Source material>
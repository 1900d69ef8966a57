ghost use Rattle.std.specs.Prelude.{◌≡◌, [], ◌∷◌, ◌++◌, true, IfOk, IfErr};
ghost use Rattle.copy_origins.specs.Signs.{is};
ghost use Rattle.copy_origins.specs.declared.sign.Sign.TheVariants as Sign;
ghost use Rattle.copy_origins.specs.Expansion as spec;

use crate::books::{Book, Books, CopyFault, Expanded, are_in_order, book_with, holds_copy};
use crate::replacing::replace;
use crate::sign::is_copy;
use crate::statement::statement;
use std::alloc::Global;
use y2k_base::{List, Memory, Origin, Word};

/// The words with each COPY statement, its period included, replaced by its book's words.
///
/// A word COPY begins a statement wherever it stands, unless it stands in an earlier statement. The book is the
/// first one with the statement's key: the name or literal after COPY, after a library's name and a `/` where one is
/// given. Its words keep their origins. They are read from the left, and at each word the pairs of REPLACING are
/// tried in their order; where all words of `old` stand, equal in kind and text, those of `new` stand in their
/// place, with their origins in the COPY statement, and reading goes on after them. What a replacement brings isn't
/// expanded again.
pub fn expand(alloc: Global, words: &[Word], books: &Books) -> Result<Expanded, CopyFault>
    ensures ok { IfOk result (λ expanded. spec.IsExpansion words.now books.now.list expanded.words) }
    ensures only { IfOk result (λ expanded. spec.IsOnly words.now books.now.list expanded.words) }
    ensures err { IfErr result (spec.HasCopyFault words.now books.now.list) }
    ensures none { IfErr result (spec.HasNoExpansion words.now books.now.list) }
{
    let list = books.list.items();
    let ordered = are_in_order(list);
    let mut out = List::new(alloc);
    let mut rest = words;
    while let [word, more @ ..] = rest {
        match piece(alloc, word, more, list, ordered, &mut out) {
            Err(fault) => return Err(fault),
            Ok(next) => rest = next,
        }
    }
    Ok(Expanded { words: out })
}

/// Puts what the first word or statement gives at the end of `out`, and gives the words after it.
fn piece<'a>(
    alloc: Global,
    word: &Word,
    words: &'a [Word],
    books: &[Book],
    ordered: bool,
    out: &mut List<Word>,
) -> Result<&'a [Word], CopyFault>
    requires { ordered ≡ true → spec.are_in_order books.now ≡ true }
    ensures ok { IfOk result (λ rest. spec.IsStep (word.now ∷ words.now) books.now out.old out.new rest.now) }
    ensures err { IfErr result (spec.HasCopyFault (word.now ∷ words.now) books.now) }
{
    if is_copy(word) {
        match copy_piece(alloc, word, words, books, ordered, out) {
            Err(fault) => Err(fault),
            Ok(rest) => Ok(rest),
        }
    } else {
        match plain_piece(alloc, word, words, out) {
            Err(_) => Err(CopyFault::Memory),
            Ok(rest) => Ok(rest),
        }
    }
}

fn plain_piece<'a>(
    alloc: Global,
    word: &Word,
    words: &'a [Word],
    out: &mut List<Word>,
) -> Result<&'a [Word], CopyFault>
    ensures rest { IfOk result (λ rest. rest.now ≡ words.now) }
    ensures out { IfOk result (λ rest. out.new ≡ out.old ++ word.now ∷ []) }
    ensures err { IfErr result (λ e. e ≡ CopyFault.Memory) }
{
    match copy_of(alloc, word) {
        Err(_) => Err(CopyFault::Memory),
        Ok(copy) => match out.push(copy) {
            Err(_) => Err(CopyFault::Memory),
            Ok(()) => Ok(words),
        },
    }
}

/// The word again, its text taken over at once.
fn copy_of(alloc: Global, word: &Word) -> Result<Word, Memory>
    ensures { IfOk result (λ copy. copy ≡ word.now) }
{
    let mut text = List::new(alloc);
    text.append(word.text.items())?;
    Ok(Word {
        text,
        kind: word.kind,
        origin: word.origin,
    })
}

/// Puts what the statement at COPY gives at the end of `out`, and gives the words after it.
fn copy_piece<'a>(
    alloc: Global,
    copy: &Word,
    words: &'a [Word],
    books: &[Book],
    ordered: bool,
    out: &mut List<Word>,
) -> Result<&'a [Word], CopyFault>
    requires copy { is Sign.Copy copy.now ≡ true }
    requires ordered { ordered ≡ true → spec.are_in_order books.now ≡ true }
    ensures ok { IfOk result (λ rest. spec.IsStep (copy.now ∷ words.now) books.now out.old out.new rest.now) }
    ensures err { IfErr result (spec.HasCopyFault (copy.now ∷ words.now) books.now) }
{
    match statement(alloc, copy, words) {
        Err(_) => Err(CopyFault::Memory),
        Ok(read) => match read {
            None => Err(CopyFault::CopyShape(copy.origin)),
            Some((order, rest)) => match usable(order.key.items(), copy.origin, books, ordered) {
                Err(fault) => Err(fault),
                Ok(book) => match replace(alloc, order.pairs.items(), book.words.items(), out) {
                    Err(_) => Err(CopyFault::Memory),
                    Ok(()) => Ok(rest),
                },
            },
        },
    }
}

/// The first book with the key, if no COPY stands in it.
fn usable<'a>(
    key: &[u8],
    at: Origin,
    books: &'a [Book],
    ordered: bool,
) -> Result<&'a Book, CopyFault>
    requires { ordered ≡ true → spec.are_in_order books.now ≡ true }
    ensures ok { IfOk result (λ b. spec.IsUsable key.now books.now b.now) }
    ensures err { IfErr result (spec.IsUnusable key.now books.now at) }
{
    match book_with(key, books, ordered) {
        None => Err(CopyFault::CopyMissing(at)),
        Some(book) => {
            if holds_copy(book.words.items()) {
                return Err(CopyFault::NestedCopy(at));
            }
            Ok(book)
        }
    }
}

Problem to work on>
Work through the records above and count the lines that hold the string "items". Please give only that figure.

Result of this exercise>
5